Shahidi
- Pronunciation: Sha-HEE-dee
- Language: Arabic

Origin
- Meaning: witness
- Region of origin: The Middle East

Other names
- See also: Shahid (given name)

= Shahidi =

Shahidi (شهیدی) is a common surname in Iran, Afghanistan and Tajikistan. Like the given name Shahid, it is a Muslim theophoric name, from Ašh-Shāhid (الشهيد), one of the 99 names of God in the Qur'an. It is derived from šhāhid شاهد, the word for "witness" or "martyr".

==Shahidis of Iran==

===Sadat Shahidi Mashhad===
The Shahidi family of Khorasan are a distinguished and influential Sayyid family that dominated the prominent religious positions in Mashhad for approximately 150 years, and thereby deeply influenced the contemporary history of Iran. They are descended from Ayatollah Mirza Mohammad Mehdi Khorasani (آيت الله میرزا محمد مهدی حسينی اصفهانی خراسانی شهید رابع), who traced his lineage to Imam Jafar Sadeq through Shah Nematollah Vali. In 1803, Mirza Mehdi became the fourth enumerated martyr (shahid) of Shia Islam when he was killed by (or at the direction of) Nader Mirza Afshar because Nader Mirza mistakenly blamed Mirza Mehdi for surrendering the city of Mashhad to the Qajars. As such, Mirza Mehdi's descendants became known as the Shahidi family. Mirza Mehdi was one of the most distinguished clerics of his time, teaching theology, Islamic jurisprudence, philosophical sciences, and mathematics.

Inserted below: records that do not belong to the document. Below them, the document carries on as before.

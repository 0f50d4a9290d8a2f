//! What no clause of the three crates says, run.

mod growths;
mod queues;
mod tables;
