//! The requests of the TC-user on a dialogue (Q.771): any of them by `ask`, and each by its own call.

// Hints to inline, here and in requests/: what only hands on is copied to its caller, where the kind of request is
// known and the matches on it fold away, 190 to 350 instructions a step. What does a request stands once: copied to
// each call that takes any it would fill the cache of instructions. The five that most steps make stand once more: the
// toolchain counts all kinds of request before those that don't come fold away, so one alone is small enough to be
// inlined into the engine's call of its name (`invoke_with`, `result_last_with`, `begin_with`, `go_on_with`,
// `finish_with`), which takes 80 instructions off steps 1 and 3 and off a lapse; by an outbox a Begin takes 40 less
// besides, and an End 50. `ask_into` goes by their calls that end in `_apart`: all of them would be copied with it.
// A message with a dialogue PDU and a prearranged end are rarer, and stand apart: so the rest of a request is small
// enough for the toolchain to inline what writes it, 110 to 210 instructions a step.

pub(crate) mod aborting;
pub(crate) mod closing;
pub(crate) mod continuing;
pub(crate) mod invoke;
pub(crate) mod opening;
pub(crate) mod results;
pub(crate) mod sending;
pub(crate) mod unidirectional;

ghost use Rattle.std.specs.Prelude.{◌≡◌, ◌≤◌, List};
ghost use Rattle.tcap_dialogue.specs.AskViews.{Asks, AsksInto, IsNumbered, accepted_outcome, asked_view};
ghost use Rattle.tcap_dialogue.specs.RequestForm.{Answers, StepsInto, numbered, queued_done, gave_up};
ghost use Rattle.tcap_model.specs.Words.Output as told;
ghost use Rattle.tcap_primitives.specs.OutputViews.{all_shown};
ghost use Rattle.tcap_primitives.specs.RequestViews.{request_view};
ghost use Rattle.tcap_dialogue.specs.StepViews.{Outcome, outcome, asked};
ghost use Rattle.tcap_invocation.specs.Stage.{moment_limit};
ghost use Rattle.tcap_model.specs.Table.Dialogue as model;
ghost use Rattle.tcap_model.specs.Table.TableMove.{DialogueEvent, table_move};

use super::spares::Spares;
use super::{Dialogue, Step};
use std::alloc::{Allocator, Global};
use tcap_primitives::{Fault, Output, Request, Sink, SinkKind};
use tcap_reception::After;

/// What is answered to a request.
#[derive(Debug, Drop, PartialEq, Eq)]
pub enum Asked<'m, A: Allocator = Global> {
    /// TC-INVOKE: the number of the invocation.
    Number(u64),
    /// A component was queued.
    Done,
    /// TC-U-CANCEL: the number of the invocation that was given up.
    GivenUp(u64),
    /// A request of dialogue handling: what is sent and told.
    Step(Step<'m, A>),
}

/// What is answered to a request whose outputs go elsewhere.
#[derive(Clone, Copy, Debug, PartialEq, Eq)]
pub enum Accepted {
    /// TC-INVOKE: the number of the invocation.
    Number(u64),
    /// A component was queued.
    Done,
    /// TC-U-CANCEL: the number of the invocation that was given up.
    GivenUp(u64),
    /// A request of dialogue handling: whether the dialogue is over.
    Step(bool),
}

impl Accepted {
    /// What `ask` answers, with what is sent and told.
    #[inline(always)]
    pub fn asked<'m, A: Allocator + Copy>(self, outputs: Vec<Output<'m, A>, A>) -> Asked<'m, A>
        ensures { (d : model.Dialogue)
            → asked_view result d ≡ accepted_outcome (all_shown outputs.entry.items) self d }
    {
        match self {
            Accepted::Number(number) => Asked::Number(number),
            Accepted::Done => Asked::Done,
            Accepted::GivenUp(number) => Asked::GivenUp(number),
            Accepted::Step(over) => Asked::Step(Step { outputs, over }),
        }
    }
}

impl<A: Allocator + Copy> Dialogue<A> {
    /// Any request, at this moment of the caller's clock, in milliseconds, at most 2^62. `number` is what
    /// an Invoke gets.
    #[inline(always)]
    pub fn ask<'m>(
        &mut self,
        clock: u64,
        number: u64,
        request: &Request<'_>,
    ) -> Result<Asked<'m, A>, Fault>
        requires clock { clock ≤ moment_limit }
        requires number { IsNumbered number self.old.invocations.rows (request_view request.now) }
        ensures answer { Asks result (outcome (table_move (asked clock number) self.old
            (DialogueEvent.request (request_view request.now)))) self.old self.new }
        ensures kept { self.new.standing.identifier ≡ self.old.standing.identifier }
    {
        let mut sink = Sink::vector(*self.queue.octets.allocator());
        let accepted = self.ask_into(clock, number, request, &mut sink)?;
        Ok(accepted.asked(sink.into_vector()))
    }

    /// `ask`, whose outputs are appended to what a sink holds, where a component takes memory that other dialogues
    /// left. `reject_ms` is what the dialogue was made with. A queue that is empty afterwards leaves its memory to
    /// others, and so does an empty list of invocations where an Invoke is refused.
    #[inline(always)]
    pub fn ask_with<'m, K: SinkKind>(
        &mut self,
        spares: &mut Spares<A>,
        reject_ms: u64,
        clock: u64,
        number: u64,
        request: &Request<'_>,
        sink: &mut Sink<'m, A, K>,
    ) -> Result<Accepted, Fault>
        requires wait { self.old.invocations.reject_ms ≡ reject_ms }
        requires limited { reject_ms ≤ moment_limit }
        requires clock { clock ≤ moment_limit }
        requires number { IsNumbered number self.old.invocations.rows (request_view request.now) }
        ensures answer { AsksInto sink.old.outputs sink.new.outputs result
            (outcome (table_move (asked clock number) self.old (DialogueEvent.request (request_view request.now))))
            self.old self.new }
        ensures kept { self.new.standing.identifier ≡ self.old.standing.identifier }
    {
        self.borrow(spares, reject_ms, request);
        match self.ask_into(clock, number, request, sink) {
            Ok(accepted) => {
                let makes_places = matches!(request, Request::Begin(_) | Request::Continue(_));
                self.leave_empty_queue(spares, makes_places);
                Ok(accepted)
            }
            Err(fault) => {
                self.give_back(spares, reject_ms, matches!(request, Request::Invoke(_)));
                Err(fault)
            }
        }
    }

    /// Takes what a component needs: a queue, and for an Invoke a list of invocations.
    // Where the request is known, what is asked of it folds away.
    #[inline(always)]
    fn borrow(&mut self, spares: &mut Spares<A>, reject_ms: u64, request: &Request<'_>)
        requires wait { self.old.invocations.reject_ms ≡ reject_ms }
        requires limited { reject_ms ≤ moment_limit }
        ensures { self.new ≡ self.old }
    {
        if matches!(request, Request::Invoke(_)) {
            self.borrow_for_invoke(spares, reject_ms);
        } else if queues_component(request) {
            self.borrow_queue(spares);
        }
    }

    /// `ask`, whose outputs are appended to what a sink holds.
    // Where the request is known, the match on it folds away, and no `Request` and no `Accepted` is built in
    // memory. Each struct is copied out of it: by reference it took more instructions.
    #[inline(always)]
    fn ask_into<'m, K: SinkKind>(
        &mut self,
        clock: u64,
        number: u64,
        request: &Request<'_>,
        sink: &mut Sink<'m, A, K>,
    ) -> Result<Accepted, Fault>
        requires clock { clock ≤ moment_limit }
        requires number { IsNumbered number self.old.invocations.rows (request_view request.now) }
        ensures answer { AsksInto sink.old.outputs sink.new.outputs result
            (outcome (table_move (asked clock number) self.old (DialogueEvent.request (request_view request.now))))
            self.old self.new }
        ensures kept { self.new.standing.identifier ≡ self.old.standing.identifier }
    {
        match *request {
            Request::Invoke(invoke) => of_number(self.queue_invoke_apart(number, &invoke)),
            Request::ResultLast(result) => of_queued(self.queue_result_last_apart(&result)),
            Request::ResultMore(result) => of_queued(self.queue_result_more(&result)),
            Request::ErrorBack(error) => of_queued(self.queue_error(&error)),
            Request::Reject(reject) => of_queued(self.queue_reject(&reject)),
            Request::Cancel(cancel) => of_cancel(self.give_up_invocation(&cancel)),
            Request::Uni(uni) => of_step(self.send_uni(&uni, sink)),
            Request::Begin(begin) => of_step(self.send_begin_apart(&begin, clock, sink)),
            Request::Continue(go_on) => of_step(self.send_continue_apart(&go_on, clock, sink)),
            Request::End(end) => of_step(self.send_end_apart(&end, sink)),
            Request::Abort(abort) => of_step(self.send_abort(&abort, sink)),
        }
    }
}

/// Whether a request queues a component.
#[inline(always)]
fn queues_component(request: &Request<'_>) -> bool {
    match request {
        Request::Invoke(_)
        | Request::ResultLast(_)
        | Request::ResultMore(_)
        | Request::ErrorBack(_)
        | Request::Reject(_) => true,
        Request::Cancel(_)
        | Request::Uni(_)
        | Request::Begin(_)
        | Request::Continue(_)
        | Request::End(_)
        | Request::Abort(_) => false,
    }
}

/// The answer to TC-INVOKE.
#[inline(always)]
fn of_number(answer: Result<u64, Fault>) -> Result<Accepted, Fault>
    ensures { (outputs : List told.Output) (o : Outcome) (old new : model.Dialogue)
        → Answers numbered answer o old new
        → AsksInto outputs outputs result o old new }
{
    Ok(Accepted::Number(answer?))
}

/// The answer where a component is queued.
#[inline(always)]
fn of_queued(answer: Result<(), Fault>) -> Result<Accepted, Fault>
    ensures { (outputs : List told.Output) (o : Outcome) (old new : model.Dialogue)
        → Answers queued_done answer o old new
        → AsksInto outputs outputs result o old new }
{
    answer?;
    Ok(Accepted::Done)
}

/// The answer to TC-U-CANCEL.
#[inline(always)]
fn of_cancel(answer: Result<u64, Fault>) -> Result<Accepted, Fault>
    ensures { (outputs : List told.Output) (o : Outcome) (old new : model.Dialogue) → Answers gave_up answer o old new
        → AsksInto outputs outputs result o old new }
{
    Ok(Accepted::GivenUp(answer?))
}

/// The answer to a request of dialogue handling.
#[inline(always)]
fn of_step(answer: Result<After, Fault>) -> Result<Accepted, Fault>
    ensures { (before after : List told.Output) (o : Outcome) (old new : model.Dialogue)
        → StepsInto before after answer o old new → AsksInto before after result o old new }
{
    Ok(Accepted::Step(answer?.is_over()))
}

He was also the Custodian of the Shrine of Imam Reza and the Friday prayer leader. Currently, Hojjatoleslam Ahmad Alamolhoda (Sadat Shahidi) is the Friday Prayer leader in Mashhad and is also that city's representative in the Iranian Assembly of Experts. In 1927, when family names were chosen in Mashhad, some of Mirza Mehdi's descendants chose a name that contained Shahidi (e.g. Aleshahidi, Shahidi, Ghavam Shahidi, Nezam Shahidi, Taher Shahidi, Imen Shahidi, Vosough Shahidi, Davoud Shahidi or Emami Shahidi). However, other descendants chose different last names (e.g. Khorasani, Habibollahi, Habib, Alamolhoda, Fayyaz or Majidi).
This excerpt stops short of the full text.